La mer et les rivières défilaient en nous parlant du temps. La forêt et les vents avançaient au rythme de l'eau. La corde se déroulait à l'infini, sans s'emmêler pourtant. Qui étais-tu alors devenu ? Parfois, je doutais même de pouvoir te reconnaître, au creux des nuages qui descendaient, au coeur du brouillard qui habitait l'horizon. "Il était là cette nuit, mais vous dormiez. Il n'a rien voulu dire." "On l'a aperçu au loin, il semblait vous chercher". Au réveil, la sensation de t'avoir manqué, cette émotion d'arrière-plan qui me prenait le coeur, et puis le quotidien te portait hors de mon souvenir. Parfois, à l'approche d'une île connue, je croyais pouvoir te croiser. Je déchiffrais le rivage puis je m'éloignais des côtes. Des fois je t'avais vu, des fois nous nous étions même parlé. Tu me paraissais peu à peu appartenir à une autre vie.
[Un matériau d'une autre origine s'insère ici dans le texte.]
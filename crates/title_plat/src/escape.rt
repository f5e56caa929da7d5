//! Text as it stands in XML.

ghost use Rattle.std.specs.{Prelude.{◌≡◌, ◌++◌, IfOk, OnOk}, Str.{chars}, String.{string_bytes}};
ghost use Rattle.title_plat.specs.Escapes.{escape_of, escapes, is_forbidden};

use std::alloc::{AllocError, Global};

// Whether XML forbids a character, as it does most control characters (W3C, Extensible Markup Language 1.0, 2.2).
fn is_forbidden(c: char) -> bool
    ensures forbidden { result ≡ is_forbidden c }
{
    (c < ' ' && c != '\t' && c != '\n' && c != '\r') || c == '\u{FFFE}' || c == '\u{FFFF}'
}

// Adds a character as it stands in XML.
fn push_escaped(out: &mut String, c: char) -> Result<(), AllocError>
    ensures pushed { OnOk result (string_bytes out.new ≡ string_bytes out.old ++ escape_of c) }
{
    match c {
        '&' => out.push_str("&amp;"),
        '<' => out.push_str("&lt;"),
        '>' => out.push_str("&gt;"),
        '"' => out.push_str("&quot;"),
        '\'' => out.push_str("&apos;"),
        c if is_forbidden(c) => out.push('\u{FFFD}'),
        c => out.push(c),
    }
}

// Characters as they stand in XML.
fn escape_all(alloc: Global, characters: &[char]) -> Result<String, AllocError>
    ensures escaped { IfOk result (λ out. string_bytes out ≡ escapes characters.now) }
{
    let mut out = String::new(alloc);
    for c in characters {
        push_escaped(&mut out, *c)?;
    }
    Ok(out)
}

// The characters of a text.
fn characters_of(alloc: Global, text: &str) -> Result<Vec<char>, AllocError>
    ensures characters { IfOk result (λ characters. characters.items ≡ chars text.now) }
{
    text.chars().collect(alloc)
}

/// A text as it stands in XML: the five characters that XML gives a meaning as their entities, characters that XML forbids as
/// U+FFFD, and all others as they are.
pub fn escaped(alloc: Global, text: &str) -> Result<String, AllocError>
    ensures escaped { IfOk result (λ out. string_bytes out ≡ escapes (chars text.now)) }
{
    let characters = characters_of(alloc, text)?;
    escape_all(alloc, characters.as_slice())
}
Toi, le passé, l'oubli et les murmures du temps.
***
Dans un autre monde, dans une autre vie, dans une autre forme d'endroit. J'aurais pu partir. Dans l'instant qui fut là, et la secousse indicible, invisible et fugace, qui ne dit pas son nom. Alors que mon esprit reprenait des forces, je touchais le bord de l'eau et mon coeur reprenait de l'air. J'ai tourné la tête et j'ai vu la corde se dérouler plus vite et le nœud se défaire. Je n'ai pas bougé, je n'ai rien dit, je n'ai rien senti. Cela ne changerait rien, peut-être ai-je pensé. J'ai vu la corde courir le long du blanc et s'enfoncer dans la mer. J'ai regardé au loin, et j'ai vu que ton esprit n'était pas loin et qu'il s'éloignait plus vite. Tu étais encore si proche. Tu t'éloignais alors, pour t'enfoncer dans le brouillard. Je ne sais pas si tu as déjà vécu cela, si ton bateau était lui, plus libre que le mien. Le lendemain, on m'a dit que tu étais passé - c'est comme si tu avais senti quelque chose. J'ai souri car mon coeur n'a pas frémi. J'ai souri car je t'aime mieux.
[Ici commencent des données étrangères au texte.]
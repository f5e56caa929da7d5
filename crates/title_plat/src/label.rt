//! What is written in a part.

use crate::acres::half_acres_of;
use crate::canvas::{Area, Canvas};
use crate::owners::Keyed;
use crate::paint::key_text;
use crate::row::Row;
use crate::width::{shortened, text_width};
use std::alloc::{AllocError, Global};
use title_aliquot::Acres;

/// The type of a part's label: how many owners are named in it, and the size and the class of its lines.
#[derive(Clone, Copy)]
struct Style {
    owners: usize,
    size: u32,
    step: u32,
    class: &'static str,
    key_size: u32,
    key_class: &'static str,
    unit: &'static str,
}

// The type that fits a part with this side.
fn style_of(side: u32) -> Style {
    if side >= 384 {
        return Style {
            owners: 14,
            size: 13,
            step: 18,
            class: "c13",
            key_size: 20,
            key_class: "k20",
            unit: " acres",
        };
    }
    if side >= 192 {
        return Style {
            owners: 7,
            size: 12,
            step: 16,
            class: "c12",
            key_size: 17,
            key_class: "k17",
            unit: " acres",
        };
    }
    if side >= 96 {
        return Style {
            owners: 3,
            size: 10,
            step: 13,
            class: "c10",
            key_size: 14,
            key_class: "k14",
            unit: " acres",
        };
    }
    if side >= 48 {
        return Style {
            owners: 0,
            size: 9,
            step: 11,
            class: "c9",
            key_size: 12,
            key_class: "k12",
            unit: " ac",
        };
    }
    Style {
        owners: 0,
        size: 7,
        step: 8,
        class: "c7",
        key_size: 9,
        key_class: "k9",
        unit: "",
    }
}

/// The nominal acres of a part, as text; none for the whole plant.
pub(crate) fn acres_text(
    alloc: Global,
    keyed: &Keyed<'_>,
    unit: &str,
) -> Result<String, AllocError> {
    let half_acres = half_acres_of(keyed.part.node, 0);
    if half_acres == 0 {
        return Ok(String::new(alloc));
    }
    let acres = Acres {
        half_acres: half_acres.min(4_000_000_000) as u32,
    };
    format!(in alloc; "{acres}{unit}")
}

// An owner with its share, no wider than so much.
fn owner_text(alloc: Global, row: &Row, size: u32, width: u32) -> Result<String, AllocError> {
    let share = format!(in alloc; " {}", row.share)?;
    let room = width.saturating_sub(text_width(share.as_str(), size));
    if room < 30 {
        let whole = format!(in alloc; "{}{share}", row.party)?;
        return shortened(alloc, whole.as_str(), size, width);
    }
    let name = shortened(alloc, row.party.as_str(), size, room)?;
    format!(in alloc; "{name}{share}")
}

// The lines of a part's label below its key.
fn lines_of(
    alloc: Global,
    keyed: &Keyed<'_>,
    style: Style,
    width: u32,
) -> Result<Vec<String>, AllocError> {
    let mut lines = Vec::new(alloc);
    let acres = acres_text(alloc, keyed, style.unit)?;
    if !acres.is_empty() {
        lines.push(acres)?;
    }
    let owners = keyed.owners;
    for (i, row) in owners.iter().enumerate() {
        if i >= style.owners {
            break;
        }
        if i + 1 == style.owners && owners.len() > style.owners {
            let more = owners.len() - i;
            lines.push(format!(in alloc; "and {more} more")?)?;
        } else {
            lines.push(owner_text(alloc, row, style.size, width)?)?;
        }
    }
    Ok(lines)
}

// The width of the widest of some lines.
fn widest(lines: &[String], size: u32) -> u32 {
    let mut most: u32 = 0;
    for line in lines {
        most = most.max(text_width(line.as_str(), size));
    }
    most
}

/// Writes a part's key, its acres and, where there is room, its owners in the middle of its square.
pub(crate) fn label(
    canvas: &mut Canvas,
    square: Area,
    keyed: &Keyed<'_>,
) -> Result<(), AllocError> {
    let alloc = canvas.alloc;
    let style = style_of(square.width);
    let width = square.width.saturating_sub(8);
    let key = key_text(alloc, keyed.key)?;
    let lines = lines_of(alloc, keyed, style, width)?;
    let block = (widest(lines.as_slice(), style.size)
        .max(text_width(key.as_str(), style.key_size))
        .saturating_add(6))
    .min(square.width.saturating_sub(2));
    let height = style
        .key_size
        .saturating_add(style.step.saturating_mul(lines.len().min(64) as u32));
    let top = square
        .y
        .saturating_add(square.height.saturating_sub(height) / 2);
    let x = square.middle();
    let halo = Area {
        x: x.saturating_sub(block / 2),
        y: top.saturating_sub(1),
        width: block,
        height: height.saturating_add(2),
    };
    canvas.rect(halo, "halo")?;
    let mut y = top.saturating_add(style.key_size.saturating_mul(85) / 100);
    canvas.text(x, y, style.key_class, key.as_str())?;
    for line in lines.iter() {
        y = y.saturating_add(style.step);
        canvas.text(x, y, style.class, line.as_str())?;
    }
    Ok(())
}

/// The whole of a part in words: its node, its acres, and its owners with their shares.
pub(crate) fn tip(alloc: Global, keyed: &Keyed<'_>) -> Result<String, AllocError> {
    let acres = acres_text(alloc, keyed, " acres")?;
    let node = keyed.part.node;
    let mut out = format!(in alloc; "{node} {acres}")?;
    for row in keyed.owners {
        let owner = format!(in alloc; "\n{} {}", row.party, row.share)?;
        out.push_str(owner.as_str())?;
    }
    Ok(out)
}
C'est peut être un autre monde, peut être une autre vie, c'est une autre forme d'endroit. Je regarde les étoiles au loin. Ma vie avec toi a pris comme en un battement la couleur du souvenir. Les images me paraissent floues, d'un coup, mais j'espère m'approprier alors leur langage. Je ne t'ai pas oublié, je ne le ferai pas (tu es une partie de moi, tu es une partie de ce que je suis). Mais, je me suis en allée, je me suis détachée (alors même que je ne savais pas que tu étais toujours tellement là). Je te sourie à travers la lune. Et je déploie les voiles.